:: DATA SHOWN

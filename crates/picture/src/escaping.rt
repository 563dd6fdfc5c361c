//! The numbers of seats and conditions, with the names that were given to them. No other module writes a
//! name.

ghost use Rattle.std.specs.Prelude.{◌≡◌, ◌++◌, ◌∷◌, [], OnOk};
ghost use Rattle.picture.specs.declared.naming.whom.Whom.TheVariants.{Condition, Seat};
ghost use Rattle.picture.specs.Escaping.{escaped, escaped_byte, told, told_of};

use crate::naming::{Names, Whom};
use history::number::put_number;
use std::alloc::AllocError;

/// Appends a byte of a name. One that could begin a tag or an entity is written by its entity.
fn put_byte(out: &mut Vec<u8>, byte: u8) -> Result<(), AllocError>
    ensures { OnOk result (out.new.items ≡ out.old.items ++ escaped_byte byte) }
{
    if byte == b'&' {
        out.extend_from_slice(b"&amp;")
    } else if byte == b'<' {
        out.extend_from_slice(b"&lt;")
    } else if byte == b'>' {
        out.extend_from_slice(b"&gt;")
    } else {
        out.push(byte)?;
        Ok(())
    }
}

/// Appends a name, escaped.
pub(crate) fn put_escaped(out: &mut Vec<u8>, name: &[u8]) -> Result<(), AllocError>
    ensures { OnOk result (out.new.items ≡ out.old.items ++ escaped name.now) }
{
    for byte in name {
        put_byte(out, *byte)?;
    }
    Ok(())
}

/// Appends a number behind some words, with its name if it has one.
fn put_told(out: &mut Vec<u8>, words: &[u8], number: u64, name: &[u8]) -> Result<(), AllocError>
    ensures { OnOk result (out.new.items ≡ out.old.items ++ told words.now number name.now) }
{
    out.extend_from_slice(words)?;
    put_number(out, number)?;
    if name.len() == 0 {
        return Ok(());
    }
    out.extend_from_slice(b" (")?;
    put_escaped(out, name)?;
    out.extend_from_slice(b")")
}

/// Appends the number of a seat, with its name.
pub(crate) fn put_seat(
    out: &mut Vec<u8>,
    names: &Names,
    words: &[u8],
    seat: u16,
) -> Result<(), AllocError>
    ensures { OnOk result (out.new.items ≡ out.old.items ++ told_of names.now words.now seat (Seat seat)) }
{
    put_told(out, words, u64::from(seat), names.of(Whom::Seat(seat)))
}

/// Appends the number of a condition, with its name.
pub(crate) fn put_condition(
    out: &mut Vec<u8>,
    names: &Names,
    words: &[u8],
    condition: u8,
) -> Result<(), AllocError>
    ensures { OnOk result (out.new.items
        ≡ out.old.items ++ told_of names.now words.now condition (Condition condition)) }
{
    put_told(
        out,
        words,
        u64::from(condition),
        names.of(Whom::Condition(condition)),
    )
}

::::

[ACTIVITY]
Find "specs" in the data above. Report each line where it appears.

[RESULT FOR THIS EXERCISE]
ghost use Rattle.std.specs.Prelude.{◌≡◌, ◌++◌, ◌∷◌, [], OnOk};
ghost use Rattle.picture.specs.declared.naming.whom.Whom.TheVariants.{Condition, Seat};
ghost use Rattle.picture.specs.Escaping.{escaped, escaped_byte, told, told_of};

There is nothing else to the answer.